Setting aside Sebi's direction, the Securities Appellate Tribunal (SAT) on Monday allowed PNB Housing Finance to go ahead with the shareholders' meeting on Tuesday to consider the proposed Rs 4,000 crore-investment by private equity firm Carlyle and others in the mortgage firm.
However, results of the shareholders' voting will not be disclosed till further directions from the tribunal.
The ruling comes hours after PNB Housing Finance informed stock exchanges that it has appealed against Sebi's direction on June 18 wherein it was asked to defer consideration of the proposed capital infusion proposal till a valuation of the company's shares is done by a registered independent valuer.
The Extraordinary General Meeting (EGM) is scheduled for Tuesday (June 22).
In a not-so-often seen move, Sebi not only restrained PNB Housing Finance from going ahead with voting on the proposal but also directed that the matter should be placed afresh before the company's board of directors and then a decision be taken on the basis of the independent valuation.
Under the proposed deal, PNB Housing Finance will allot securities worth Rs 4,000 crore to Carlyle group and other entities, a deal that will eventually result in the private equity major becoming a major shareholder of the company.

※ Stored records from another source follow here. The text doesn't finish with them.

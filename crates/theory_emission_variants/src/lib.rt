//! Wrong extractions and wrong rows of emission, which come to something else in small cases. A function
//! without a body states laws by its contract.
#![tactic(auto)]

ghost use Rattle.theory_emission_variants.specs.Variants.{VariantsOfEmission};

/// What wrong variants come to, beside what is right: a jump to itself, one instance for two keys, a place
/// that is used twice, a tail call that keeps the frame, a `sel` with changed sides.
pub fn variants_of_emission()
    ensures variants { VariantsOfEmission }
{}
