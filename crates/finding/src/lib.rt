// The first span among a scanner's held bytes, without taking it.
#![tactic(auto)]

mod finding;
mod peeking;

pub use finding::{find, look};
pub use held::Spot;
pub use peeking::peek;
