// The first span among the held bytes.
ghost use Rattle.std.specs.Prelude.{◌≡◌};
ghost use Rattle.finding.specs.Finding.{find_call, look_of};
ghost use Rattle.base.specs.Refusal.{outcome_of};

use frame::Refusal;
use held::{Sight, Spot, seek};
use scanner::{Scanner, check};

#[tactic(auto, using(scanner::proofs::LawsScanner::held_known, crate::proofs::LawsFinding::found))]
pub fn find(scanner: Scanner, store: &[u8]) -> Result<Option<Spot>, Refusal>
    ensures { outcome_of result ≡ find_call scanner store.now }
{
    check(scanner, store)?;
    Ok(match seek(&store[..scanner.count]) {
        Sight::NoStart | Sight::NoEnd(_) => None,
        Sight::Both { at, len } => Some(Spot { at, len }),
    })
}

#[tactic(auto, using(crate::proofs::LawsFinding::looking))]
pub fn look(scanner: Scanner, store: &[u8]) -> &[u8]
    ensures { result.now ≡ look_of scanner store.now }
{
    match find(scanner, store) {
        Ok(Some(Spot { at, len })) => &store[at..at + len],
        Ok(None) | Err(_) => &store[..0],
    }
}
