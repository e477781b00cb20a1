// The next span's place, as a take would find it.
ghost use Rattle.std.specs.Prelude.{◌≡◌};
ghost use Rattle.finding.specs.Finding.{peek_call};
ghost use Rattle.base.specs.Refusal.{outcome_of};

use base::Refusal;
use cutting::decide;
use held::Spot;
use scanner::{Scanner, advance, check};

// The next span's place, refused where a take would be.
#[tactic(auto, using(scanner::proofs::LawsScanner::held_known, crate::proofs::LawsPeeking::peeks))]
pub fn peek(scanner: Scanner, store: &[u8]) -> Result<Option<Spot>, Refusal>
    ensures { outcome_of result ≡ peek_call scanner store.now }
{
    check(scanner, store)?;
    let cut = decide(&store[..scanner.count], scanner.limit);
    advance(scanner, scanner.count, cut.into())?;
    let spot = Spot {
        at: cut.dropped,
        len: cut.handed,
    };
    Ok(cut.span.then_some(spot))
}
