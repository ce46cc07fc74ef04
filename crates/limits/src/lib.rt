// The numbers of document 01, three of them as T-04 of document 02 set them. Each stands here and nowhere else: code and contracts read it from here.
#![tactic(auto)]

#[derive(Drop)]
pub struct Limits {}

impl Limits {
    // Bytes of a text: refusal 1.
    pub const TEXT: usize = 49152;

    // Letters and digits of a name, letters of a class name: refusal 3.
    pub const WORD: usize = 32;

    // Bytes between a string's quotes: refusal 3.
    pub const STRING: usize = 255;

    // The value of a literal: refusal 3.
    pub const LITERAL: u32 = 2147483647;

    // Nestings open at once: refusal 5.
    pub const NESTING: usize = 32;

    // Declarations of a text: refusal 7.
    pub const DECLARATIONS: usize = 256;

    // Instructions of a text's code: refusal 8.
    pub const INSTRUCTIONS: usize = 8192;

    // Cells of stack that a card's run may need: refusal 24 of document 02, T-06.
    pub const NEED: usize = 512;
}

// What the paper's second program gives a run.
#[derive(Drop)]
pub struct Station {}

impl Station {
    // Steps that a run may take.
    pub const BUDGET: u32 = 1000000;

    // Bytes of its output room.
    pub const ROOM: usize = 4096;

    // Readings taken from the input, at most.
    pub const READINGS: usize = 4096;
}
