use std::ops::Mul;

// Affine transformation matrix.
#[derive(Clone, Copy, Drop)]
pub struct Transform {
    // 2x2 matrix.
    pub matrix: [f32; 4],
    // Translation.
    pub translation: [f32; 2],
}

impl Transform {
    ghost use Rattle.std.specs.Prelude.{◌≡◌};
    ghost use Rattle.math.specs.Finite.{all_finite};
    ghost use Rattle.math.specs.Product.{identity};

    // Identity transform.
    pub fn identity() -> Transform
        ensures { result ≡ identity }
    {
        Transform {
            matrix: [1.0, 0.0, 0.0, 1.0],
            translation: [0.0, 0.0],
        }
    }

    // Whether each of the six numbers is finite.
    pub fn is_finite(&self) -> bool
        ensures { result ≡ all_finite self.now }
    {
        self.matrix.iter().all(|x| x.is_finite()) && self.translation.iter().all(|x| x.is_finite())
    }
}

// `self` after `other`.
impl Mul for Transform {
    ghost use Rattle.std.specs.Prelude.{◌≡◌};
    ghost use Rattle.math.specs.Product.{times};

    type Output = Transform;

    ghost mul_gives = { λ s o r. r ≡ times s o };

    fn mul(self, other: Transform) -> Transform {
        Transform {
            matrix: [
                self.matrix[0] * other.matrix[0] + self.matrix[2] * other.matrix[1],
                self.matrix[1] * other.matrix[0] + self.matrix[3] * other.matrix[1],
                self.matrix[0] * other.matrix[2] + self.matrix[2] * other.matrix[3],
                self.matrix[1] * other.matrix[2] + self.matrix[3] * other.matrix[3],
            ],
            translation: [
                self.matrix[0] * other.translation[0]
                    + self.matrix[2] * other.translation[1]
                    + self.translation[0],
                self.matrix[1] * other.translation[0]
                    + self.matrix[3] * other.translation[1]
                    + self.translation[1],
            ],
        }
    }
}
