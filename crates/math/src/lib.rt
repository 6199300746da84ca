// Affine transforms: four numbers of matrix and two of translation, and their product.
// Each operation is rounded once, to binary32, in the order in which it is written.
#![tactic(auto)]

mod transform;

pub use transform::Transform;
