// The replay desk: a script on standard input, one line written for each line read. What is done with the bytes is the crate feed's.
// Here they are read, handed over, and the answers written. What std's read and write do is assumed; where one fails, the program ends with that error.
#![tactic(auto)]

ghost use Rattle.std.specs.Prelude.{take, IfOk, OnErr};
ghost use Rattle.feed.specs.Takes.{FromFresh};
ghost use Rattle.replay.specs.Replays.{Hands, Runs, WholeReplay};
ghost use Rattle.replay.specs.Broken.{Breaks, BreaksReplay, BreaksInput};

use desk::Turn;
use feed::Ongoing;
use script::LONGEST_LINE;
use std::io;

// The bytes of the area that is read into, and of the one that answers are written from.
const OUT_SIZE: usize = 65536;

// The bytes of the messages' store.
const STORE_SIZE: usize = sizes::STORE_SIZE;

// The desk under way, and what it works in: the store, the line that is being read, and the area that answers are written from.
#[derive(Drop)]
struct Session {
    ongoing: Ongoing,
    store: [u8; STORE_SIZE],
    line: [u8; LONGEST_LINE],
    out: [u8; OUT_SIZE],
}

// What is read lies in an area beside the session, since a chunk of it is handed over while the session changes.
impl Session {
    // Before the first byte. By itself, so that the zeros that a session is made of are gone from the stack once it is there.
    #[inline(never)]
    fn fresh() -> Session
        ensures { FromFresh result.ongoing }
    {
        Session {
            ongoing: Ongoing::fresh(),
            store: [0; STORE_SIZE],
            line: [0; LONGEST_LINE],
            out: [0; OUT_SIZE],
        }
    }

    // A chunk is handed over until none of it is left. Each time what was answered is written, so that it is there before more is read.
    fn chunk(&mut self, to: &impl Print, bytes: &[u8]) -> io::Result<()>
        ensures ok { IfOk result (λ _. Hands self.old bytes.now self.new) }
        ensures err { OnErr result (Breaks self.old bytes.now self.new) }
    {
        let mut rest = bytes;
        // The loop steps by what feed took, and no iterator is plainer.
        while !rest.is_empty() {
            let f = feed::feed(
                self.ongoing,
                &mut self.store,
                &mut self.line,
                rest,
                &mut self.out,
            );
            self.ongoing = f.next;
            to.write_all(&self.out[..f.wrote])?;
            rest = &rest[f.used..];
        }
        Ok(())
    }

    // One read, and the answers to the lines that end in it. It gives how many bytes were read, none at the end of the input.
    fn turn(
        &mut self,
        reader: &mut impl io::Read,
        to: &impl Print,
        input: &mut [u8],
    ) -> io::Result<usize>
        ensures ok { IfOk result (λ got. Hands self.old (take got input.new) self.new) }
        ensures err { OnErr result (Breaks self.old input.new self.new) }
    {
        let got = reader.read(input)?;
        self.chunk(to, &input[..got])?;
        Ok(got)
    }

    // Reads until the input ends. A proved loop has to end too: it has more turns than any input uses up.
    fn every_turn(
        &mut self,
        reader: &mut impl io::Read,
        to: &impl Print,
        input: &mut [u8],
    ) -> io::Result<()>
        requires { FromFresh self.old.ongoing }
        ensures ok { IfOk result (λ _. Runs self.old self.new) }
        ensures err { OnErr result (BreaksReplay self.old self.new) }
    {
        for _ in 0..u64::MAX {
            let got = self.turn(reader, to, input)?;
            if got == 0 {
                break;
            }
        }
        Ok(())
    }

    // Every read, and then the end of the input. By itself too: the area that is read into is not there while a session is made.
    #[inline(never)]
    fn whole_input(&mut self, reader: &mut impl io::Read, to: &impl Print) -> io::Result<Turn>
        requires { FromFresh self.old.ongoing }
        ensures ok { IfOk result (λ last. WholeReplay self.new.store last) }
        ensures err { OnErr result (BreaksInput self.old self.new) }
    {
        let mut input = [0; OUT_SIZE];
        self.every_turn(reader, to, &mut input)?;
        let last = feed::finish(self.ongoing, &mut self.store, &self.line, &mut self.out);
        to.write_all(&self.out[..last.length])?;
        Ok(last)
    }
}

fn main(rt: HostRuntime) -> io::Result<()> {
    let mut session = Session::fresh();
    session.whole_input(&mut rt.stdin(), &rt)?;
    Ok(())
}
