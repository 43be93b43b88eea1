// The types of all nodes.
ghost use Rattle.std.specs.Prelude.{◌≡◌, ℕ, ◌<◌, ◌+◌, true, false, [], ◌∷◌, ◌++◌, List, length, map, option_map, IfOk, OnOk};
ghost use Rattle.idl_grammar.specs.Seen.{seen_type};
ghost use Rattle.idl_rule_definitions.specs.Types as types;
ghost use Rattle.idl_rule_definitions.specs.Types.{IdlType, Names};
ghost use Rattle.idl_typing.specs.Lookups.{AreTables};
ghost use Rattle.idl_typing.specs.ReadTypes.{and_place, is_tag_below, NamesRead, BodiesRead, TagsRead, OperationsRead, AreRead};
ghost use Rattle.idl_declared_types.specs.SeenOperations.{HasTags, HasOperations};
ghost use Rattle.idl_rule_definitions.specs.Scene.{place_of_type, is_nonencapsulated_body, parts_declared, enumerators_in, tag_written, tag_type};
ghost use Rattle.idl_rule_definitions.specs.Scene.{type_of_body, use_of};
ghost use Rattle.idl_declared_types.specs.LabelValues.{Holds, values_of};
ghost use Rattle.idl_declared_types.specs.Kinds.{type_by, type_at, is_inside, Keeps};
ghost use Rattle.idl_declared_types.specs.SeenNames.{are_below, seen_names, are_within, and_name, declared_in, names_with};
ghost use Rattle.idl_constructs.specs.SeenNodes.{seen_position, seen_construct, seen_declared, seen_result, list_at};
ghost use Rattle.idl_declared_types.specs.SeenTypes.{scene_seen, bare, IsTypedUse, tag_seen, IsTyped, AreTypedWithin, IsTypes};
ghost use Rattle.idl_scope.specs.Seen.{known_in};

use crate::variables::{
    Slot, has_no_variable, has_wrong_switch_variable, has_wrong_variable, tables,
};
use idl_constructs::attributes::switch_type_in;
use idl_constructs::nodes::{Construct, Declared, Node, Nodes, Position, Returned};
use idl_constructs::parts::parts;
use idl_declared_types::enum_values::enum_values;
use idl_declared_types::kinds::{Kind, Kinds};
use idl_declared_types::places::Places;
use idl_declared_types::types::{BodyTypes, OperationTypes, Typed, Types};
use idl_declared_types::typing::{declared_type, with_attributes};
use idl_declared_types::value_set::ValueSet;
use idl_declared_types::written::{place_of_body, switch, tag, tagged_kind, written};
use idl_grammar::{Identifier, SwitchType, TagKind, TypeSpec};
use idl_scope::{Scope, Table};
use nd_base::{Memory, Place};
use std::alloc::Global;

/// By which place a struct, union or enum is reported.
fn place_of(construct: &Construct, body: &TypeSpec) -> Place
    ensures { result ≡ place_of_type construct.now.file (seen_type body.now) }
{
    let file = construct.file;
    match body {
        TypeSpec::Struct { at, tag, .. } => place_of_body(file, *at, tag),
        TypeSpec::EncapsulatedUnion { at, tag, .. } => place_of_body(file, *at, tag),
        TypeSpec::NonEncapsulatedUnion { at, tag, .. } => place_of_body(file, *at, tag),
        TypeSpec::Enum { at, tag, .. } => place_of_body(file, *at, tag),
        _ => Place { file, at: 0 },
    }
}
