//! Laws: the words that only the windows language has move no refusal of a text of C706.
#![tactic(auto)]

pub mod laws;
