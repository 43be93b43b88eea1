//! Laws over the definitions.

ghost use Rattle.std.specs.Prelude.{◌≡◌, ℕ, false};
ghost use Rattle.idl_grammar.specs.Text.{Text, Lifted, symbol_at, is_in};
ghost use Rattle.idl_grammar.specs.Symbols.{windows_symbols};
ghost use Rattle.idl_grammar.specs.Answers.{begins, derives};
ghost use Rattle.idl_grammar.specs.Tree.{Tree};
ghost use Rattle.idl_grammar.specs.Grammar.{file};
ghost use Rattle.idl_words.specs.Replaced.{IsOfBoth, text_with_string, tree_with_string};

/// A file is one with `string` in the place of each word that only the windows language has, whatever limits and bans are lifted. So where a text
/// without these words goes on to a file, it goes on to one that has none of them: whether a token is refused, and for what, does not depend on them.
/// By `idl_grammar: windows_words_are_apart` each text of C706 is without them.
pub fn words_move_no_refusal()
    ensures replaced { (lifted : Lifted) (f : Tree) (x : Text) → derives file lifted f x
        → derives file lifted (tree_with_string f) (text_with_string x) }
    ensures none { (x : Text) (k : ℕ) → is_in windows_symbols (symbol_at (text_with_string x) k) ≡ false }
    ensures continued { (t x : Text) (n : ℕ) → IsOfBoth t → begins t n x → begins t n (text_with_string x) }
{}
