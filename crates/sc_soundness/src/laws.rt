//! Laws of rounds and of stages, as contracts: a caller calls the function and has them.
ghost use Rattle.std.specs.Prelude.{List};
ghost use Rattle.sc_definitions.specs.Ring.{Ops, IsRing, IsField};
ghost use Rattle.sc_soundness.specs.Courses.{RoundsAreSound, HonestRoundsEndTrue};
ghost use Rattle.sc_soundness.specs.Stages.{StagesAreSound, AuditsAreStages};
ghost use Rattle.sc_soundness.specs.Merged.{WeightedTable, MergedRoundsAre};

/// Laws of the rounds of a sumcheck, whatever they sum.
///
/// Over every field, a round that turns a false claim into the true one certifies its challenge:
/// what it sends less the true polynomial is not zero and vanishes there. Rounds that send what
/// leads from the true claim to the true one leave the true claim after all of them. Rounds over
/// several tables, each with its weights, are such rounds.
pub fn round_laws()
    ensures sound { (o : Ops) → IsField o → RoundsAreSound o }
    ensures honest { HonestRoundsEndTrue }
    ensures merged { (o : Ops) → IsRing o → (ps : List WeightedTable) → MergedRoundsAre o ps }
{}

/// Laws of the stages of a proof, over every field.
///
/// Where the first stage has a polynomial that is not zero, each stage that leaves a false claim
/// gives the next one such a polynomial, and the last one leaves the true claim, the first lucky
/// challenge is that of one of the stages, and it is certified. The first lucky challenge of a
/// problem with rounds is that of one stage.
pub fn stage_laws()
    ensures sound { (o : Ops) → IsField o → StagesAreSound o }
    ensures audits { (o : Ops) → AuditsAreStages o }
{}
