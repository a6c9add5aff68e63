// Reads a ticket and prints its report: see the crate `command_line`.
#![tactic(auto)]

use std::process::ExitCode;

fn main(rt: HostRuntime) -> anyhow::Result<ExitCode> {
    command_line::explain(&rt)
}
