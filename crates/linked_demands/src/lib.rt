// Theorems alone, of the C functions: demand 3, the start of `dot`, what a visit map shows, chains of the two calls that a
// step is made of, and a layer's coefficients to a file and back.
#![tactic(auto)]
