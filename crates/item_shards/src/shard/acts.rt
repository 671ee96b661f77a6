//! What a transaction does and looks at on a shard, the acts that write a row, and rows written on
//! a shard that holds every object.
ghost use Rattle.std.specs.Prelude.{◌≡◌, ◌<◌, ◌≤◌, OnOk, OnErr};
ghost use Rattle.item_shards.specs.{CommitNumbers.{last_number}, Looking.{IsEvent}};
ghost use Rattle.item_shards.specs.Writing.{writes_of, first_act, second_act};

use crate::shard::Shard;
use auction_rows::{BidEntry, Facts, ItemEntry, ItemId, Object, Quantity, Row, Stars};
use std::alloc::AllocError;

/// What a transaction looks at on a shard. Each look but the one at nothing names its object; what
/// it shows is what the shard has, so a look carries no value.
#[derive(Clone, Copy)]
pub enum Look {
    Nothing,
    /// An item's facts, if it is stored.
    Facts(ItemId),
    /// An item's facts and how many of it are left, if it is stored.
    Left(ItemId),
    /// The view of an item.
    Item(ItemId),
    /// The view of an item's bids.
    Bids(ItemId),
    /// The view of a category.
    Category(u32),
    /// The view of a user.
    User(u32),
}

/// What a transaction does on a shard.
#[derive(Drop)]
pub enum Act {
    /// Stores an item. The facts of one that is stored already stay.
    AddItem(ItemId, Facts),
    /// Lists an item in a category.
    ListItem(u32, ItemEntry),
    /// Bids on an item.
    Bid(ItemId, BidEntry),
    /// Gives stars to a user.
    Comment(u32, Stars),
    /// Buys so many of an item.
    Buy(ItemId, Quantity),
    /// Looks at something, and changes nothing.
    Look(Look),
}

impl Look {
    ghost use Rattle.item_shards.specs.{Contents.{Contents, target}, Looking.{shown_in}};
    ghost use Rattle.item_shards.specs.Events as event;

    // The object that it looks at, if there is one.
    fn object(self) -> Option<Object>
        ensures { (contents : Contents) → result ≡ target (event.Look (shown_in contents self)) }
    {
        match self {
            Look::Nothing => None,
            Look::Facts(item) => Some(Object::Item(item)),
            Look::Left(item) => Some(Object::Item(item)),
            Look::Item(item) => Some(Object::Item(item)),
            Look::Bids(item) => Some(Object::Item(item)),
            Look::Category(category) => Some(Object::Category(category)),
            Look::User(user) => Some(Object::User(user)),
        }
    }
}

impl Act {
    ghost use Rattle.item_shards.specs.{Contents.{Contents, target}, Looking.{event_at}};

    /// The object that it is about: none of a look at nothing.
    pub fn object(&self) -> Option<Object>
        ensures { (contents : Contents) → result ≡ target (event_at contents self.now) }
    {
        match self {
            Act::AddItem(item, _) => Some(Object::Item(*item)),
            Act::ListItem(category, _) => Some(Object::Category(*category)),
            Act::Bid(item, _) => Some(Object::Item(*item)),
            Act::Comment(user, _) => Some(Object::User(*user)),
            Act::Buy(item, _) => Some(Object::Item(*item)),
            Act::Look(look) => look.object(),
        }
    }
}

/// The two acts that write a row, one after the other: where one is enough, the second looks at
/// nothing.
pub fn writes_of(row: &Row) -> (Act, Act)
    ensures first { IsEvent result.0 (first_act (writes_of row.now)) }
    ensures second { IsEvent result.1 (second_act (writes_of row.now)) }
{
    match *row {
        Row::Item(row) => {
            let entry = ItemEntry {
                time: row.time,
                id: row.id,
            };
            (
                Act::AddItem(row.id, row.facts),
                Act::ListItem(row.facts.category, entry),
            )
        }
        Row::Bid(row) => {
            let entry = BidEntry {
                amount: row.amount,
                time: row.time,
                id: row.id,
                bidder: row.bidder,
            };
            (Act::Bid(row.item, entry), Act::Look(Look::Nothing))
        }
        Row::Comment(row) => (Act::Comment(row.about, row.stars), Act::Look(Look::Nothing)),
        Row::Buy(row) => (Act::Buy(row.item, row.quantity), Act::Look(Look::Nothing)),
    }
}

impl Shard {
    ghost use Rattle.item_shards.specs.{Acting.{CanAct, CanDo}, Contents.{after_act, after_acts}};
    ghost use Rattle.item_shards.specs.Looking.{event_at, events_of};
    ghost use Rattle.item_shards.specs.ShardContents.{contents, clock, HasBecome};

    /// Does one act, by one look-up. It takes no memory, and leaves the clock.
    #[inline(always)]
    pub fn act(&mut self, act: &Act)
        requires { CanAct self.old act.now }
        ensures { HasBecome self.old self.new
            (after_act (contents self.old) (event_at (contents self.old) act.now))
            (clock self.old) }
    {
        match act {
            Act::AddItem(item, facts) => self.add_item(*item, *facts),
            Act::ListItem(category, entry) => self.list_item(*category, *entry),
            Act::Bid(item, bid) => self.bid(*item, *bid),
            Act::Comment(user, stars) => self.comment(*user, *stars),
            Act::Buy(item, quantity) => self.buy(*item, *quantity),
            Act::Look(_) => {}
        }
    }

    /// Does the acts of a commit, one after the other, and sets the clock to its number. It takes
    /// no memory.
    #[inline(always)]
    pub fn apply_acts(&mut self, number: u64, acts: &[Act; 2])
        requires later { clock self.old < number }
        requires within { number ≤ last_number }
        requires can { CanDo self.old acts.now }
        ensures { HasBecome self.old self.new
            (after_acts (contents self.old) (events_of (contents self.old) acts.now)) number }
    {
        let [first, second] = acts;
        self.act(first);
        self.act(second);
        self.set_clock(number);
    }
}

impl Shard {
    ghost use Rattle.auction_rows.specs.{History.{commit_of}, declared.requests.Object.{Object}};
    ghost use Rattle.item_shards.specs.{Acting.{CanWrite, HasRoomFor}, Contents.{after_acts}};
    ghost use Rattle.item_shards.specs.ShardContents.{contents, rooms, shard_count, shard_number, LiesIn, IsSameShard};

    // Does the acts that write a row. Without memory the shard shows what it showed.
    pub(crate) fn write(&mut self, row: &Row) -> Result<(), AllocError>
        requires has_all { (object : Object) → LiesIn self.old object }
        requires can { CanWrite self.old row.now }
        ensures written { OnOk result (
            contents self.new ≡ after_acts (contents self.old) (writes_of row.now)) }
        ensures refused { OnErr result (contents self.new ≡ contents self.old) }
        ensures same { IsSameShard self.old self.new }
    {
        self.prepare_row(row)?;
        let (first, second) = writes_of(row);
        self.act(&first);
        self.act(&second);
        Ok(())
    }

    // Makes room for the item that a row stores, if it stores one.
    fn prepare_row(&mut self, row: &Row) -> Result<(), AllocError>
        requires { (object : Object) → LiesIn self.old object }
        ensures room { OnOk result (HasRoomFor
            (shard_number self.old) (shard_count self.old) (rooms self.new) (commit_of row.now)) }
        ensures contents { contents self.new ≡ contents self.old }
        ensures same { IsSameShard self.old self.new }
    {
        match *row {
            Row::Item(row) => self.prepare_item(row.id),
            _ => Ok(()),
        }
    }
}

On Monday morning, PNB Housing Finance moved the tribunal against Sebi direction.
Taking up this matter on an urgent basis, a two-member bench of the tribunal said that as "electronic voting has already commenced it would not be fair to stay the consideration of agenda no. 1 (issuance of preference shares) of the EGM notice dated May 31, 2021 which is going to be held on June 22, 2021."
The bench of Justice Tarun Agarwala and Justice M T Joshi said that no factual dispute exists and only an interpretation of the provisions of the ICDR Regulations and Companies Act read with Articles of Association is required to be considered.
Sebi has been asked to file a reply to the plea on the matter by June 26.
In its five-page order, the tribunal also said the EGM would be held on June 22 and that the members would consider agenda no.
"However, the results would not be declared and would be kept in a sealed cover.
"In this regard, the company would issue specific directions to NSDL who is in-charge of the electronic voting not to reveal the results and keep the same in a sealed cover till further orders of this tribunal," the order said.
On Monday, shares of PNB Housing Finance declined 5 per cent to close at Rs 702.40 apiece, its lower circuit limit, on BSE.
At NSE, it fell 4.99 per cent to end the day at Rs 700.95.
The proposed transaction has come under the lens of Sebi and the Reserve Bank of India (RBI) following concerns raised in certain quarters, including by a proxy advisory firm.
The proposal is for allotting a total of 8,20,51,281 equity shares and 2,05,12,820 warrants exchangeable into equity shares for Rs 390 per share/ warrant to Pluto Investments S.a r.l, Salisbury Investments Pvt Ltd, General Atlantic Singapore Fund FII Pte Ltd and Alpha Investments V Pte. Ltd in specified proportions.
These securities would be allotted for a cash consideration aggregating to around Rs 4,000 crore.
Pluto Investments, an affiliated entity of Carlyle Asia Partners IV L.P. and Carlyle Asia Partners V L.P. (together Carlyle) have agreed to invest up to Rs 3,185 crore in PNB Housing Finance.
Besides, existing shareholders of the company, the funds managed by Ares SSG and General Atlantic will be participating in the capital raise, along with Salisbury Investments, the family investment vehicle of Aditya Puri, senior advisor for Carlyle in Asia.
He is also the former CEO and MD of HDFC Bank.
Once the deal is completed, the stake of Carlyle Group in the mortgage firm will rise to 50.16 per cent from 32.21 per cent, a development that would trigger an open offer.
Last week, Carlyle Group along with other entities floated a 'draft letter offer' with regard to an open offer for acquisition of over 7 crore equity shares representing 26 per cent stake in PNB Housing Finance.
An open offer is a mandatory offer that an acquirer and Persons Acting in Concert (PACs) have to make to the shareholders of a company in case the former acquires more than 25 per cent stake in the company, as per Sebi regulations.
In case of creeping acquisition too, the clause of open offer kicks in when an entity or PACs makes an acquisition of more than 5 per cent stake in a company in a year.
Meanwhile, there are reports of conflict of interest of directors on the board of PNB Housing Finance as they have some direct or indirect connection with Carlyle.
Earlier this month, proxy advisory firm SES said the proposed deal was an "unfair transaction" which is against public shareholders as well as the promoter bank PNB and also flagged concerns about the proposal to re-appoint two independent directors.